When the faithful listeners to Klubrádió, a talk radio station that has been a beacon of free speech in Hungary, tuned in last Monday, February 15, they found only silence. The government had shut down the station.  

It was a blow to the station’s listeners, many of them older Hungarian Jews, who flocked to Klubrádió’s eclectic format and humanistic programming. But it was also yet another blow to free expression in a country that has seen its press freedom stripped away year by year.

Budapest, the capitol of Hungary, is the only city with a large Jewish population in post-Holocaust Central Europe. The history of—and responsibility for—the Hungarian Holocaust has often been discussed on Klubrádió, and it is not rare that listeners calling in have talked about related losses in their own family.

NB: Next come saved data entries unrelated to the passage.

//! The trace of an enforcement (QVT 1.3, section 7.10.1): the entries of a set of demands, by the names of relations, variables, classes and properties,
//! as `trace_log` writes and reads it.
//!
//! Costs: time and memory by the length of the trace's text. Names are found by number and the keys of classes in a table; the demands of an entry
//! stand behind those of the entry before.
#![tactic(auto)]

mod data;
mod entries;
mod key_places;
mod laws;
mod names;
mod terms;
mod tracing;

pub use laws::variables_are_told_once;
pub use tracing::trace_of;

Numerous elderly listeners had escaped loneliness with their sets tuned to Klubrádió. The older they are, the less likely they are to be able to access Internet radio. None of them should be deprived of their beloved station, especially those who are survivors of a genocide that a country committed against its own citizens.

Klubrádió has been highly critical of the current government—among other reasons, because of the Memorial for Victims of the German Occupation, which the government erected in 2014. It marked the 70th anniversary of the systemic deportation of Jewish Hungarians from the whole country, with the exception of Budapest, in 1944. The monument puts the blame on the Germans, but the deportation was arranged with brutality and record speed by the Hungarian administration itself.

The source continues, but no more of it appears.